### Required action:
Start at the first line of the listing below. Write out each line exactly, stopping after the one that contains "use cwr_fields::Kind;".

### Source records:

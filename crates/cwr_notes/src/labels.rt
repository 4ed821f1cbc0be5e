//! What stands before each cell in the lines of a record: the end of the line before, the field's number and its name.

ghost use Rattle.std.specs.Prelude.{◌≡◌, map};
ghost use Rattle.cwr_fields.specs.Format.Layouts.{layout};
ghost use Rattle.cwr_notes.specs.Steps.Labels.{labels_of};

use cwr_fields::Kind;

/// The label of a field.
macro_rules! label {
    ($number:literal, $name:literal) => {
        concat!("\n  ", $number, " ", $name, ": ")
    };
}

#[rattlefmt::skip]
static HDR: [&str; 9] = [
    label!(1, "record type"),
    label!(2, "sender type"),
    label!(3, "sender id"),
    label!(4, "sender name"),
    label!(5, "edi standard version"),
    label!(6, "creation date"),
    label!(7, "creation time"),
    label!(8, "transmission date"),
    label!(9, "character set"),
];

#[rattlefmt::skip]
static GRH: [&str; 6] = [
    label!(1, "record type"),
    label!(2, "transaction type"),
    label!(3, "group id"),
    label!(4, "version"),
    label!(5, "batch request"),
    label!(6, "submission type"),
];

#[rattlefmt::skip]
static GRT: [&str; 6] = [
    label!(1, "record type"),
    label!(2, "group id"),
    label!(3, "transaction count"),
    label!(4, "record count"),
    label!(5, "currency"),
    label!(6, "total monetary value"),
];

#[rattlefmt::skip]
static TRL: [&str; 4] = [
    label!(1, "record type"),
    label!(2, "group count"),
    label!(3, "transaction count"),
    label!(4, "record count"),
];

#[rattlefmt::skip]
static AGR: [&str; 19] = [
    label!(1, "record type"),
    label!(2, "transaction sequence"),
    label!(3, "record sequence"),
    label!(4, "submitter agreement number"),
    label!(5, "international standard agreement code"),
    label!(6, "agreement type"),
    label!(7, "start date"),
    label!(8, "end date"),
    label!(9, "retention end date"),
    label!(10, "prior royalty status"),
    label!(11, "prior royalty start date"),
    label!(12, "post-term collection status"),
    label!(13, "post-term collection end date"),
    label!(14, "date of signature"),
    label!(15, "number of works"),
    label!(16, "sales manufacture clause"),
    label!(17, "shares change"),
    label!(18, "advance given"),
    label!(19, "society-assigned agreement number"),
];

#[rattlefmt::skip]
static TER: [&str; 5] = [
    label!(1, "record type"),
    label!(2, "transaction sequence"),
    label!(3, "record sequence"),
    label!(4, "inclusion exclusion"),
    label!(5, "tis code"),
];

#[rattlefmt::skip]
static IPA: [&str; 15] = [
    label!(1, "record type"),
    label!(2, "transaction sequence"),
    label!(3, "record sequence"),
    label!(4, "agreement role"),
    label!(5, "ipi name number"),
    label!(6, "ipi base number"),
    label!(7, "interested party number"),
    label!(8, "last name"),
    label!(9, "first name"),
    label!(10, "pr society"),
    label!(11, "pr share"),
    label!(12, "mr society"),
    label!(13, "mr share"),
    label!(14, "sr society"),
    label!(15, "sr share"),
];

#[rattlefmt::skip]
static NWR: [&str; 28] = [
    label!(1, "record type"),
    label!(2, "transaction sequence"),
    label!(3, "record sequence"),
    label!(4, "title"),
    label!(5, "language"),
    label!(6, "submitter work number"),
    label!(7, "iswc"),
    label!(8, "copyright date"),
    label!(9, "copyright number"),
    label!(10, "distribution category"),
    label!(11, "duration"),
    label!(12, "recorded"),
    label!(13, "text music relationship"),
    label!(14, "composite type"),
    label!(15, "version type"),
    label!(16, "excerpt type"),
    label!(17, "music arrangement"),
    label!(18, "lyric adaptation"),
    label!(19, "contact name"),
    label!(20, "contact id"),
    label!(21, "cwr work type"),
    label!(22, "grand rights"),
    label!(23, "composite component count"),
    label!(24, "date of publication"),
    label!(25, "exceptional clause"),
    label!(26, "opus number"),
    label!(27, "catalogue number"),
    label!(28, "priority flag"),
];

#[rattlefmt::skip]
static REV: [&str; 28] = [
    label!(1, "record type"),
    label!(2, "transaction sequence"),
    label!(3, "record sequence"),
    label!(4, "title"),
    label!(5, "language"),
    label!(6, "submitter work number"),
    label!(7, "iswc"),
    label!(8, "copyright date"),
    label!(9, "copyright number"),
    label!(10, "distribution category"),
    label!(11, "duration"),
    label!(12, "recorded"),
    label!(13, "text music relationship"),
    label!(14, "composite type"),
    label!(15, "version type"),
    label!(16, "excerpt type"),
    label!(17, "music arrangement"),
    label!(18, "lyric adaptation"),
    label!(19, "contact name"),
    label!(20, "contact id"),
    label!(21, "cwr work type"),
    label!(22, "grand rights"),
    label!(23, "composite component count"),
    label!(24, "date of publication"),
    label!(25, "exceptional clause"),
    label!(26, "opus number"),
    label!(27, "catalogue number"),
    label!(28, "priority flag"),
];

#[rattlefmt::skip]
static SPU: [&str; 25] = [
    label!(1, "record type"),
    label!(2, "transaction sequence"),
    label!(3, "record sequence"),
    label!(4, "publisher sequence"),
    label!(5, "interested party number"),
    label!(6, "publisher name"),
    label!(7, "publisher unknown"),
    label!(8, "publisher type"),
    label!(9, "tax id"),
    label!(10, "ipi name number"),
    label!(11, "submitter agreement number"),
    label!(12, "pr society"),
    label!(13, "pr share"),
    label!(14, "mr society"),
    label!(15, "mr share"),
    label!(16, "sr society"),
    label!(17, "sr share"),
    label!(18, "special agreements"),
    label!(19, "first recording refusal"),
    label!(20, "filler"),
    label!(21, "ipi base number"),
    label!(22, "international standard agreement code"),
    label!(23, "society-assigned agreement number"),
    label!(24, "agreement type"),
    label!(25, "usa license"),
];

#[rattlefmt::skip]
static OPU: [&str; 25] = [
    label!(1, "record type"),
    label!(2, "transaction sequence"),
    label!(3, "record sequence"),
    label!(4, "publisher sequence"),
    label!(5, "interested party number"),
    label!(6, "publisher name"),
    label!(7, "publisher unknown"),
    label!(8, "publisher type"),
    label!(9, "tax id"),
    label!(10, "ipi name number"),
    label!(11, "submitter agreement number"),
    label!(12, "pr society"),
    label!(13, "pr share"),
    label!(14, "mr society"),
    label!(15, "mr share"),
    label!(16, "sr society"),
    label!(17, "sr share"),
    label!(18, "special agreements"),
    label!(19, "first recording refusal"),
    label!(20, "filler"),
    label!(21, "ipi base number"),
    label!(22, "international standard agreement code"),
    label!(23, "society-assigned agreement number"),
    label!(24, "agreement type"),
    label!(25, "usa license"),
];

#[rattlefmt::skip]
static SPT: [&str; 12] = [
    label!(1, "record type"),
    label!(2, "transaction sequence"),
    label!(3, "record sequence"),
    label!(4, "interested party number"),
    label!(5, "constant"),
    label!(6, "pr collection share"),
    label!(7, "mr collection share"),
    label!(8, "sr collection share"),
    label!(9, "inclusion exclusion"),
    label!(10, "tis code"),
    label!(11, "shares change"),
    label!(12, "sequence"),
];

#[rattlefmt::skip]
static SWR: [&str; 23] = [
    label!(1, "record type"),
    label!(2, "transaction sequence"),
    label!(3, "record sequence"),
    label!(4, "interested party number"),
    label!(5, "last name"),
    label!(6, "first name"),
    label!(7, "writer unknown"),
    label!(8, "designation"),
    label!(9, "tax id"),
    label!(10, "ipi name number"),
    label!(11, "pr society"),
    label!(12, "pr share"),
    label!(13, "mr society"),
    label!(14, "mr share"),
    label!(15, "sr society"),
    label!(16, "sr share"),
    label!(17, "reversionary"),
    label!(18, "first recording refusal"),
    label!(19, "work for hire"),
    label!(20, "filler"),
    label!(21, "ipi base number"),
    label!(22, "personal number"),
    label!(23, "usa license"),
];

#[rattlefmt::skip]
static OWR: [&str; 23] = [
    label!(1, "record type"),
    label!(2, "transaction sequence"),
    label!(3, "record sequence"),
    label!(4, "interested party number"),
    label!(5, "last name"),
    label!(6, "first name"),
    label!(7, "writer unknown"),
    label!(8, "designation"),
    label!(9, "tax id"),
    label!(10, "ipi name number"),
    label!(11, "pr society"),
    label!(12, "pr share"),
    label!(13, "mr society"),
    label!(14, "mr share"),
    label!(15, "sr society"),
    label!(16, "sr share"),
    label!(17, "reversionary"),
    label!(18, "first recording refusal"),
    label!(19, "work for hire"),
    label!(20, "filler"),
    label!(21, "ipi base number"),
    label!(22, "personal number"),
    label!(23, "usa license"),
];

#[rattlefmt::skip]
static SWT: [&str; 11] = [
    label!(1, "record type"),
    label!(2, "transaction sequence"),
    label!(3, "record sequence"),
    label!(4, "interested party number"),
    label!(5, "pr collection share"),
    label!(6, "mr collection share"),
    label!(7, "sr collection share"),
    label!(8, "inclusion exclusion"),
    label!(9, "tis code"),
    label!(10, "shares change"),
    label!(11, "sequence"),
];

#[rattlefmt::skip]
static PWR: [&str; 8] = [
    label!(1, "record type"),
    label!(2, "transaction sequence"),
    label!(3, "record sequence"),
    label!(4, "publisher interested party number"),
    label!(5, "publisher name"),
    label!(6, "submitter agreement number"),
    label!(7, "society-assigned agreement number"),
    label!(8, "writer interested party number"),
];

#[rattlefmt::skip]
static ALT: [&str; 6] = [
    label!(1, "record type"),
    label!(2, "transaction sequence"),
    label!(3, "record sequence"),
    label!(4, "title"),
    label!(5, "title type"),
    label!(6, "language"),
];

#[rattlefmt::skip]
static EWT: [&str; 16] = [
    label!(1, "record type"),
    label!(2, "transaction sequence"),
    label!(3, "record sequence"),
    label!(4, "title"),
    label!(5, "iswc"),
    label!(6, "language"),
    label!(7, "writer 1 last name"),
    label!(8, "writer 1 first name"),
    label!(9, "source"),
    label!(10, "writer 1 ipi name number"),
    label!(11, "writer 1 ipi base number"),
    label!(12, "writer 2 last name"),
    label!(13, "writer 2 first name"),
    label!(14, "writer 2 ipi name number"),
    label!(15, "writer 2 ipi base number"),
    label!(16, "submitter work number"),
];

#[rattlefmt::skip]
static VER: [&str; 16] = [
    label!(1, "record type"),
    label!(2, "transaction sequence"),
    label!(3, "record sequence"),
    label!(4, "title"),
    label!(5, "iswc"),
    label!(6, "language"),
    label!(7, "writer 1 last name"),
    label!(8, "writer 1 first name"),
    label!(9, "source"),
    label!(10, "writer 1 ipi name number"),
    label!(11, "writer 1 ipi base number"),
    label!(12, "writer 2 last name"),
    label!(13, "writer 2 first name"),
    label!(14, "writer 2 ipi name number"),
    label!(15, "writer 2 ipi base number"),
    label!(16, "submitter work number"),
];

#[rattlefmt::skip]
static PER: [&str; 7] = [
    label!(1, "record type"),
    label!(2, "transaction sequence"),
    label!(3, "record sequence"),
    label!(4, "last name"),
    label!(5, "first name"),
    label!(6, "ipi name number"),
    label!(7, "ipi base number"),
];

#[rattlefmt::skip]
static REC: [&str; 15] = [
    label!(1, "record type"),
    label!(2, "transaction sequence"),
    label!(3, "record sequence"),
    label!(4, "first release date"),
    label!(5, "constant a"),
    label!(6, "first release duration"),
    label!(7, "constant b"),
    label!(8, "album title"),
    label!(9, "label"),
    label!(10, "catalogue number"),
    label!(11, "ean"),
    label!(12, "isrc"),
    label!(13, "recording format"),
    label!(14, "recording technique"),
    label!(15, "media type"),
];

#[rattlefmt::skip]
static ORN: [&str; 16] = [
    label!(1, "record type"),
    label!(2, "transaction sequence"),
    label!(3, "record sequence"),
    label!(4, "intended purpose"),
    label!(5, "production title"),
    label!(6, "cd identifier"),
    label!(7, "cut number"),
    label!(8, "library"),
    label!(9, "bltvr"),
    label!(10, "carried bytes"),
    label!(11, "production number"),
    label!(12, "episode title"),
    label!(13, "episode number"),
    label!(14, "year of production"),
    label!(15, "avi society code"),
    label!(16, "audio-visual number"),
];

#[rattlefmt::skip]
static COM: [&str; 15] = [
    label!(1, "record type"),
    label!(2, "transaction sequence"),
    label!(3, "record sequence"),
    label!(4, "title"),
    label!(5, "iswc"),
    label!(6, "submitter work number"),
    label!(7, "duration"),
    label!(8, "writer 1 last name"),
    label!(9, "writer 1 first name"),
    label!(10, "writer 1 ipi name number"),
    label!(11, "writer 2 last name"),
    label!(12, "writer 2 first name"),
    label!(13, "writer 2 ipi name number"),
    label!(14, "writer 1 ipi base number"),
    label!(15, "writer 2 ipi base number"),
];

#[rattlefmt::skip]
static ACK: [&str; 13] = [
    label!(1, "record type"),
    label!(2, "transaction sequence"),
    label!(3, "record sequence"),
    label!(4, "creation date"),
    label!(5, "creation time"),
    label!(6, "original group id"),
    label!(7, "original transaction sequence"),
    label!(8, "original transaction type"),
    label!(9, "creation title"),
    label!(10, "submitter creation number"),
    label!(11, "recipient creation number"),
    label!(12, "processing date"),
    label!(13, "transaction status"),
];

#[rattlefmt::skip]
static MSG: [&str; 9] = [
    label!(1, "record type"),
    label!(2, "transaction sequence"),
    label!(3, "record sequence"),
    label!(4, "message type"),
    label!(5, "original record sequence"),
    label!(6, "message record type"),
    label!(7, "message level"),
    label!(8, "validation number"),
    label!(9, "message text"),
];

#[rattlefmt::skip]
static CARRIED: [&str; 4] = [
    label!(1, "record type"),
    label!(2, "transaction sequence"),
    label!(3, "record sequence"),
    label!(4, "carried text"),
];

/// The labels of a kind's fields, in order.
#[inline(always)]
pub(crate) fn labels(kind: Kind) -> &'static [&'static str]
    ensures { map (λ label. label.now) result.now ≡ labels_of (layout kind) }
{
    match kind {
        Kind::Hdr => &HDR,
        Kind::Grh => &GRH,
        Kind::Grt => &GRT,
        Kind::Trl => &TRL,
        Kind::Agr => &AGR,
        Kind::Ter => &TER,
        Kind::Ipa => &IPA,
        Kind::Nwr => &NWR,
        Kind::Rev => &REV,
        Kind::Spu => &SPU,
        Kind::Opu => &OPU,
        Kind::Spt => &SPT,
        Kind::Swr => &SWR,
        Kind::Owr => &OWR,
        Kind::Swt => &SWT,
        Kind::Pwr => &PWR,
        Kind::Alt => &ALT,
        Kind::Ewt => &EWT,
        Kind::Ver => &VER,
        Kind::Per => &PER,
        Kind::Rec => &REC,
        Kind::Orn => &ORN,
        Kind::Com => &COM,
        Kind::Ack => &ACK,
        Kind::Msg => &MSG,
        Kind::Opt => &CARRIED,
        Kind::Owt => &CARRIED,
        Kind::Npn => &CARRIED,
        Kind::Npr => &CARRIED,
        Kind::Nwn => &CARRIED,
        Kind::Npa => &CARRIED,
        Kind::Net => &CARRIED,
        Kind::Now => &CARRIED,
        Kind::Nct => &CARRIED,
        Kind::Nvt => &CARRIED,
        Kind::Nat => &CARRIED,
        Kind::Ins => &CARRIED,
        Kind::Ind => &CARRIED,
        Kind::Ari => &CARRIED,
        Kind::Xrf => &CARRIED,
    }
}
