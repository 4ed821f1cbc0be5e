//! What is written of a record, and under the line of a finding: numbers, cells and words.
#![tactic(auto)]

mod finding_notes;
mod labels;
mod note_lines;
mod other_records;
mod passed;
mod record_texts;
mod work_lines;

pub use finding_notes::all_explained;
pub use note_lines::{cell_note, gap, level_words, where_line};
pub use record_texts::{head_line, record_lines};
pub use work_lines::WorkLine;
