//! The lines under a finding: where its record stands, the rule in words, and the cells that it speaks of.

ghost use Rattle.std.specs.Prelude.{◌≡◌, ◌≤◌, Some, length};
ghost use Rattle.std.specs.Str.{bytes_eq};
ghost use Rattle.cwr_devices.specs.Steps.Pens.{Adds};
ghost use Rattle.cwr_fields.specs.Steps.Views.{field_view};
ghost use Rattle.cwr_lines.specs.Format.Carried.{carried_at, record_cell};
ghost use Rattle.cwr_notes.specs.Format.FindingNotes.{gap, head_lines, level_words, more_line, named_line, noted_cells, noted_line, number_of_field, rule_words};
ghost use Rattle.cwr_notes.specs.Format.FindingNotes.{tail_lines, shares_line, total_line, value_words, where_line};

use crate::other_records::total_of;
use crate::work_lines::WorkLine;
use cwr_devices::{Pen, Target};
use cwr_fields::{Field, Kind, field, fields, is_spaces, letters, trimmed};
use cwr_findings::{Finding, Rule};
use cwr_lines::RecordRef;
use cwr_shape::Level;
use cwr_values::Transaction;

/// What the rule asks for.
fn rule_words(rule: Rule) -> &'static str
    ensures value { result.now ≡ rule_words rule }
    ensures short { length result.now ≤ 200 }
{
    match rule {
        Rule::V1 =>
            "a work code (iswc) is blank, or T, nine digits and the check digit that belongs to them",
        Rule::V2 =>
            "the interested party number of SPT is that of the nearest SPU before it, and that of SWT is that of the nearest SWR",
        Rule::V3 =>
            "the pr shares of SPU, OPU, SWR and OWR add up to 0, or to 9994 to 10006 (hundredths of a percent)",
        Rule::V4 =>
            "the mr shares of SPU, OPU, SWR and OWR add up to 0, or to 9994 to 10006 (hundredths of a percent)",
        Rule::V5 =>
            "the sr shares of SPU, OPU, SWR and OWR add up to 0, or to 9994 to 10006 (hundredths of a percent)",
        Rule::V6 =>
            "someone has written the words or the music: one of the SWR and OWR has designation A, C or CA",
        Rule::V7 =>
            "the publisher interested party number of PWR is the interested party number of an SPU of the work",
        Rule::V8 =>
            "only an excerpt has EWT: where one stands, the excerpt type of the work isn't blank",
        Rule::V9 => "the composite component count is blank, or it is the number of COM records",
        Rule::V10 => "an agreement doesn't end before it starts",
        Rule::V11 =>
            "in one block the AS records, and so the AC records, have shares of at most 10006 (hundredths of a percent) in each right",
    }
}

/// A level's letter, and how much it rejects.
pub fn level_words(level: Level) -> &'static str
    ensures value { result.now ≡ level_words level }
    ensures short { length result.now ≤ 40 }
{
    match level {
        Level::E => "E: the entire file is rejected",
        Level::G => "G: the group is rejected",
        Level::T => "T: the transaction is rejected",
        Level::R => "R: the record is rejected",
        Level::F => "F: the field is rejected",
    }
}

/// Whether the field has the name.
fn has_name(place: &Field, name: &[u8]) -> bool
    ensures { result ≡ bytes_eq place.now.name.now name.now }
{
    place.name.as_bytes() == name
}

/// The number of the first field of that name, from 1; where the kind has none, the number after its last.
fn number_of_field(kind: Kind, name: &[u8]) -> u8
    ensures { result ≡ number_of_field name.now kind }
{
    let count = fields(kind);
    for before in 0..count {
        let Some(place) = field(kind, before + 1) else {
            return count + 1;
        };
        if has_name(&place, name) {
            return before + 1;
        }
    }
    count + 1
}

/// Adds what stands in a cell.
fn value_words<W: Target>(cell: &[u8], pen: &mut Pen<'_, W>)
    ensures { Adds W.contents W.failures (value_words cell.now) pen.old pen.new }
{
    if is_spaces(cell) {
        pen.text(b"blank");
    } else {
        pen.text(trimmed(cell));
    }
}

/// Adds the line on a cell of a field, in a record of the kind on that line of the file.
fn noted_line<W: Target>(number: u64, kind: Kind, place: &Field, cell: &[u8], pen: &mut Pen<'_, W>)
    ensures { Adds W.contents W.failures
        (noted_line number kind (Some (field_view place.now).1) (Some cell.now)) pen.old pen.new }
{
    pen.text(b"  cell      line ");
    pen.number(number);
    pen.text(b", ");
    pen.text(letters(kind));
    pen.text(b" ");
    pen.words(place.name);
    pen.text(b": ");
    value_words(cell, pen);
    pen.text(b"\n");
}

/// Adds the line on the record's cell of field `j`, if it carries one. The record is on that line of the file.
pub fn cell_note<W: Target>(number: u64, shown: &RecordRef<'_>, j: u8, pen: &mut Pen<'_, W>)
    ensures { Adds W.contents W.failures
        (noted_line number shown.now.kind (carried_at shown.now.kind j) (record_cell shown.now j))
        pen.old pen.new }
{
    let kind = shown.kind();
    let Some(cell) = shown.cell(j) else {
        return;
    };
    let Some(place) = field(kind, j) else {
        return;
    };
    noted_line(number, kind, &place, cell, pen);
}

/// Adds the line on the record's cell of that name, if it carries one.
fn named_line<W: Target>(number: u64, shown: &RecordRef<'_>, name: &[u8], pen: &mut Pen<'_, W>)
    ensures { Adds W.contents W.failures (named_line number shown.now name.now) pen.old pen.new }
{
    cell_note(number, shown, number_of_field(shown.kind(), name), pen);
}

/// Adds the lines on those cells of a record on that line of the file of which the rule speaks.
pub(crate) fn noted_cells<W: Target>(
    number: u64,
    rule: Rule,
    shown: &RecordRef<'_>,
    pen: &mut Pen<'_, W>,
)
    ensures { Adds W.contents W.failures (noted_cells number rule shown.now) pen.old pen.new }
{
    match rule {
        Rule::V1 => named_line(number, shown, b"iswc", pen),
        Rule::V2 => named_line(number, shown, b"interested party number", pen),
        Rule::V3 => named_line(number, shown, b"pr share", pen),
        Rule::V4 => named_line(number, shown, b"mr share", pen),
        Rule::V5 => named_line(number, shown, b"sr share", pen),
        Rule::V6 => named_line(number, shown, b"designation", pen),
        Rule::V7 => {
            named_line(number, shown, b"publisher interested party number", pen);
            named_line(number, shown, b"interested party number", pen);
        }
        Rule::V8 => {
            named_line(number, shown, b"title", pen);
            named_line(number, shown, b"excerpt type", pen);
        }
        Rule::V9 => {
            named_line(number, shown, b"title", pen);
            named_line(number, shown, b"composite component count", pen);
        }
        Rule::V10 => {
            named_line(number, shown, b"start date", pen);
            named_line(number, shown, b"end date", pen);
        }
        Rule::V11 => {
            named_line(number, shown, b"agreement role", pen);
            named_line(number, shown, b"pr share", pen);
            named_line(number, shown, b"mr share", pen);
            named_line(number, shown, b"sr share", pen);
        }
    }
}

/// Adds where a record stands.
pub fn where_line<W: Target>(number: u64, kind: Kind, pen: &mut Pen<'_, W>)
    ensures { Adds W.contents W.failures (where_line number kind) pen.old pen.new }
{
    pen.text(b"  where     line ");
    pen.number(number);
    pen.text(b", ");
    pen.text(letters(kind));
    pen.text(b"\n");
}

/// Adds the first lines under a finding at a record on that line of the file, in a transaction on which that is the line: where it
/// stands, that line, the rule, the level, and its cells of which the rule speaks.
pub(crate) fn head_lines<W: Target>(
    number: u64,
    work: &WorkLine,
    finding: &Finding,
    shown: &RecordRef<'_>,
    pen: &mut Pen<'_, W>,
)
    ensures { Adds W.contents W.failures (head_lines number work.now finding.now shown.now) pen.old
        pen.new }
{
    where_line(number, shown.kind(), pen);
    pen.text(work.as_slice());
    pen.text(b"  rule      ");
    pen.words(rule_words(finding.rule));
    pen.text(b"\n  level     ");
    pen.words(level_words(finding.level));
    pen.text(b"\n");
    noted_cells(number, finding.rule, shown, pen);
}

/// Adds how many records more there are, if there are any.
fn more_line<W: Target>(more: u64, pen: &mut Pen<'_, W>)
    ensures { Adds W.contents W.failures (more_line more) pen.old pen.new }
{
    if more == 0 {
        return;
    }
    pen.text(b"  more      records like these: ");
    pen.number(more);
    pen.text(b"\n");
}

/// Adds what shares add up to, in hundredths of a percent. Where that is 1 %, they may be in percent.
fn shares_line<W: Target>(total: u64, pen: &mut Pen<'_, W>)
    ensures { Adds W.contents W.failures (shares_line total) pen.old pen.new }
{
    if total == 100 {
        pen.text(b"  total     100, that is 1 %: are the shares in percent?\n");
    } else {
        pen.text(b"  total     ");
        pen.number(total);
        pen.text(b"\n");
    }
}

/// Adds what the rule adds up or counts.
fn total_line<W: Target>(rule: Rule, count: usize, transaction: &Transaction, pen: &mut Pen<'_, W>)
    requires { length transaction.now ≤ 100000000 }
    ensures { Adds W.contents W.failures (total_line rule count transaction.now) pen.old pen.new }
{
    match rule {
        Rule::V3 | Rule::V4 | Rule::V5 => shares_line(total_of(rule, transaction), pen),
        Rule::V9 => {
            pen.text(b"  total     COM records: ");
            pen.number(count as u64);
            pen.text(b"\n");
        }
        _ => {}
    }
}

/// Adds an empty line, where findings stand apart.
pub fn gap<W: Target>(apart: bool, pen: &mut Pen<'_, W>)
    ensures { Adds W.contents W.failures (gap apart) pen.old pen.new }
{
    if apart {
        pen.text(b"\n");
    }
}

/// Adds the last lines under a finding: how many records more there are, what the rule adds up or counts, and an empty line where
/// findings stand apart.
pub(crate) fn tail_lines<W: Target>(
    apart: bool,
    rule: Rule,
    count: usize,
    transaction: &Transaction,
    pen: &mut Pen<'_, W>,
)
    requires { length transaction.now ≤ 100000000 }
    ensures { Adds W.contents W.failures (tail_lines apart rule count transaction.now) pen.old pen.new }
{
    more_line(count.saturating_sub(20) as u64, pen);
    total_line(rule, count, transaction, pen);
    gap(apart, pen);
}
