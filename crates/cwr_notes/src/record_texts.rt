//! The lines of a record: its number and kind, and the cells that aren't blank.

ghost use Rattle.std.specs.Prelude.{◌≡◌, ◌++◌, IfSome, codes, decimal, length};
ghost use Rattle.cwr_devices.specs.Steps.Pens.{Adds};
ghost use Rattle.cwr_fields.specs.Format.Kinds.{letters};
ghost use Rattle.cwr_fields.specs.Format.Layouts.{layout};
ghost use Rattle.cwr_lines.specs.Format.Carried.{carried_at};
ghost use Rattle.cwr_notes.specs.Format.RecordTexts.{head_line, record_lines};
ghost use Rattle.cwr_notes.specs.Steps.Labels.{label_of, labelled_cell, labelled_cells, labelled_field};

use crate::labels::labels;
use cwr_devices::{Pen, Target};
use cwr_fields::{Kind, letters, trimmed};
use cwr_lines::RecordRef;

/// Adds a cell under its field's label, unless the cell is blank.
#[inline(always)]
fn labelled_cell<W: Target>(label: &str, cell: &[u8], pen: &mut Pen<'_, W>)
    ensures { Adds W.contents W.failures (labelled_cell label.now cell.now) pen.old pen.new }
{
    let shown = trimmed(cell);
    if shown.is_empty() {
        return;
    }
    pen.words(label);
    pen.text(shown);
}

/// Adds the cell that the record, which is of the kind, carries in field `j`, if it carries one. The label is that field's.
#[inline(always)]
fn labelled_field<W: Target>(
    kind: Kind,
    shown: &RecordRef<'_>,
    j: u8,
    label: &str,
    pen: &mut Pen<'_, W>,
)
    requires kind { kind ≡ shown.now.kind }
    requires label { IfSome (carried_at shown.now.kind j) (λ f. label.now ≡ label_of j f) }
    ensures { Adds W.contents W.failures (labelled_field shown.now j) pen.old pen.new }
{
    let Some((_, cell)) = shown.carried_cell(kind, j) else {
        return;
    };
    labelled_cell(label, cell, pen);
}

/// Adds the cells that the record carries, each under its label.
#[inline(always)]
fn labelled_cells<W: Target>(kind: Kind, shown: &RecordRef<'_>, pen: &mut Pen<'_, W>)
    requires { kind ≡ shown.now.kind }
    ensures { Adds W.contents W.failures (labelled_cells shown.now (length (layout shown.now.kind)))
        pen.old pen.new }
{
    let labels = labels(kind);
    for before in 0..shown.filled_fields(kind) {
        labelled_field(kind, shown, before + 1, labels[usize::from(before)], pen);
    }
}

/// Adds the number and the kind of a record.
#[inline(always)]
fn head<W: Target>(number: u64, kind: Kind, pen: &mut Pen<'_, W>)
    ensures { Adds W.contents W.failures (decimal number ++ codes " " ++ letters kind) pen.old
        pen.new }
{
    pen.number(number);
    pen.text(b" ");
    pen.text(letters(kind));
}

/// Adds the line of a record of the kind, which has that number: all that is written of one that carries nothing.
pub fn head_line<W: Target>(number: u64, kind: Kind, pen: &mut Pen<'_, W>)
    ensures { Adds W.contents W.failures (head_line number kind) pen.old pen.new }
{
    head(number, kind, pen);
    pen.text(b"\n");
}

/// Adds the lines of a record, which has that number.
pub fn record_lines<W: Target>(number: u64, shown: &RecordRef<'_>, pen: &mut Pen<'_, W>)
    ensures { Adds W.contents W.failures (record_lines number shown.now) pen.old pen.new }
{
    let kind = shown.kind();
    head(number, kind, pen);
    labelled_cells(kind, shown, pen);
    pen.text(b"\n");
}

### Output:
filename crates/cwr_notes/src/labels.rt
repository 4ed821f1cbc0be5e
//! What stands before each cell in the lines of a record: the end of the line before, the field's number and its name.

ghost use Rattle.std.specs.Prelude.{◌≡◌, map};
ghost use Rattle.cwr_fields.specs.Format.Layouts.{layout};
ghost use Rattle.cwr_notes.specs.Steps.Labels.{labels_of};

use cwr_fields::Kind;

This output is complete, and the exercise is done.